2. Internet para ricos
Azeredo quer ainda que os provedores de acesso à Internet e de conteúdo (serviços de e-mail , publicadores de blog e o Google) guardem o registro de toda a navegação de cada usuário por três anos, com a origem, a hora e a data da conexão.

Além de exemplo de violação à privacidade, o projeto deixa claro: para os tucanos, internet é para quem pode pagar, já que nas redes sem fio que algumas cidades já estão implementando para aumentar a inclusão digital, várias pessoas navegam com o mesmo número de IP (o endereço na internet).

3. Ajudinha aos banqueiros – Um dos argumentos do deputado ficha suja reeleito em 2010 – responde a ação penal por peculato e lavagem ou ocultação de bem –, é que o rastreamento das pessoas que utilizam a internet ajudará a acabar com as fraudes bancárias. Seria mais eficaz que os bancos fossem obrigados a adotar uma assinatura digital nas transações para todos os clientes. Mas, isso geraria mais custos aos bancos e o parlamentar não quer se indispor com eles.

O que acontece agora?
Atualmente, o “PL Azeredo” tramita na Câmara de Ciência e Tecnologia, Comunicação e Informática da Câmara e aguarda a posição do relator Júlio Semeghini, do PSDB-RJ.

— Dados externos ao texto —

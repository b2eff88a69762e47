//! The shapes of the nodes of a graph.
ghost use Rattle.std.specs.Prelude.{AllPairs};
ghost use Rattle.if1_graph.specs.declared.graph.Graph.TheViews.{out-Graph};
ghost use Rattle.if1_graph.specs.Normal.{Precedes};
ghost use Rattle.node_works.specs.Tables.{IsGraphOf};

use flow_value::{NoMemory, Shape};
use if1_graph::{Graph, Node, simple_of};
use if1_sound::Sound;
use node_works::{UnitTables, output_types, shape_at};
use std::alloc::Global;

fn is_shaped(tables: &UnitTables, output: Option<u32>, graph: &Graph, node: &Node) -> bool
    requires { AllPairs Precedes (out-Graph graph.now).edges }
{
    match simple_of(node.op) {
        Some(row) => !matches!(shape_at(tables, output, graph, node, row), Shape::Plain),
        None => false,
    }
}

fn output_at(types: &[Option<u32>], place: usize) -> Option<u32> {
    match types.get(place) {
        Some(output) => *output,
        None => None,
    }
}

fn count_shaped(tables: &UnitTables, types: &[Option<u32>], graph: &Graph) -> usize
    requires { AllPairs Precedes (out-Graph graph.now).edges }
{
    let mut count: usize = 0;
    for (place, node) in graph.nodes.as_slice().iter().enumerate() {
        if is_shaped(tables, output_at(types, place), graph, node) {
            count = count.saturating_add(1);
        }
    }
    count
}

/// How many nodes of a graph have a shape that is not the plain one.
pub fn shaped(
    alloc: Global,
    unit: &Sound,
    tables: &UnitTables,
    graph: &Graph,
) -> Result<usize, NoMemory>
    requires { IsGraphOf unit.now graph.now }
{
    unit.unit();
    let types = output_types(alloc, unit, graph)?;
    Ok(count_shaped(tables, types.as_slice(), graph))
}
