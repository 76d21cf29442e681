// The register's words.
ghost use Rattle.std.specs.Prelude.{◌≡◌, ◌+◌, ◌≤◌, length, replicate, set};
ghost use Rattle.arrays.specs.Put.{put};

use arrays::put_same;

// The flag 1, and n words 0.
pub fn run(register: &mut [u32], at: usize, n: usize)
    requires { (1 ≤ length register.old) × (at + n ≤ length register.old) }
    ensures { register.new ≡ put at (replicate n 0) (set register.old 0 1) }
{
    register[0] = 1;
    put_same(register, at, n, 0);
}
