// The calls on a register, but samples and figures: the table's bytes and the register's words as they are lent. A refused call writes nothing.
#![tactic(auto)]

mod zeros;

ghost use Rattle.std.specs.Prelude.{◌≡◌};
ghost use Rattle.model.specs.Register as Model;
ghost use Rattle.refusals.specs.Numbers.{number_in};
ghost use Rattle.register.specs.Answers.{counted_in};

use crate::zeros::run;
use refusals::refusal::Refusal;
use refusals::{test_counter, test_reset, test_start, test_unknown};
use table::facts;

// Makes the register new: it runs, and every count is 0.
pub fn reset(table: &[u8], register: &mut [u32]) -> Result<(), Refusal>
    ensures value { number_in result ≡ (Model.call table.now register.old Model.reset).response.number }
    ensures register_after { register.new ≡ (Model.call table.now register.old Model.reset).words }
{
    let f = facts(table)?;
    test_reset(register, f)?;
    let rest = 1 + f.counters + f.points + f.runs;
    run(register, 1, rest);
    Ok(())
}

// Lets the register run: a stopped one forgets the runs of its sequences.
pub fn start(table: &[u8], register: &mut [u32]) -> Result<(), Refusal>
    ensures value { number_in result ≡ (Model.call table.now register.old Model.start).response.number }
    ensures register_after { register.new ≡ (Model.call table.now register.old Model.start).words }
{
    let f = facts(table)?;
    test_start(register, f)?;
    if register[0] == 1 {
        return Ok(());
    }
    let at = 2 + f.counters + f.points;
    run(register, at, f.runs);
    Ok(())
}

pub fn stop(table: &[u8], register: &mut [u32]) -> Result<(), Refusal>
    ensures value { number_in result ≡ (Model.call table.now register.old Model.stop).response.number }
    ensures register_after { register.new ≡ (Model.call table.now register.old Model.stop).words }
{
    let f = facts(table)?;
    test_start(register, f)?;
    register[0] = 0;
    Ok(())
}

// The count of a counter.
pub fn place_count(table: &[u8], register: &[u32], place: usize) -> Result<u32, Refusal>
    ensures number_value { number_in result ≡ (Model.call table.now register.now (Model.ask_counter place)).response.number }
    ensures count_value { counted_in result ≡ (Model.call table.now register.now (Model.ask_counter place)).response.answer }
{
    let f = facts(table)?;
    test_counter(register, place, f)?;
    let count = register[2 + place];
    Ok(count)
}

// The count of a point's unknown readings.
pub fn unknown_count(table: &[u8], register: &[u32], point: usize) -> Result<u32, Refusal>
    ensures number_value { number_in result ≡ (Model.call table.now register.now (Model.ask_unknown point)).response.number }
    ensures count_value { counted_in result ≡ (Model.call table.now register.now (Model.ask_unknown point)).response.answer }
{
    let f = facts(table)?;
    test_unknown(register, point, f)?;
    let counters = f.counters;
    let count = register[2 + counters + point];
    Ok(count)
}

A má notícia é que foi esse deputado que garantiu, em outubro de 2009, que o projeto aguardaria o desenrolar dos debates para seguir tramitando. Mas, Semeghini fez o contrário do prometido e tocou o projeto adiante.

Com a provável aprovação, a última alternativa para evitar que vire lei e acabe com a democracia digital no Brasil será o veto do próximo presidente.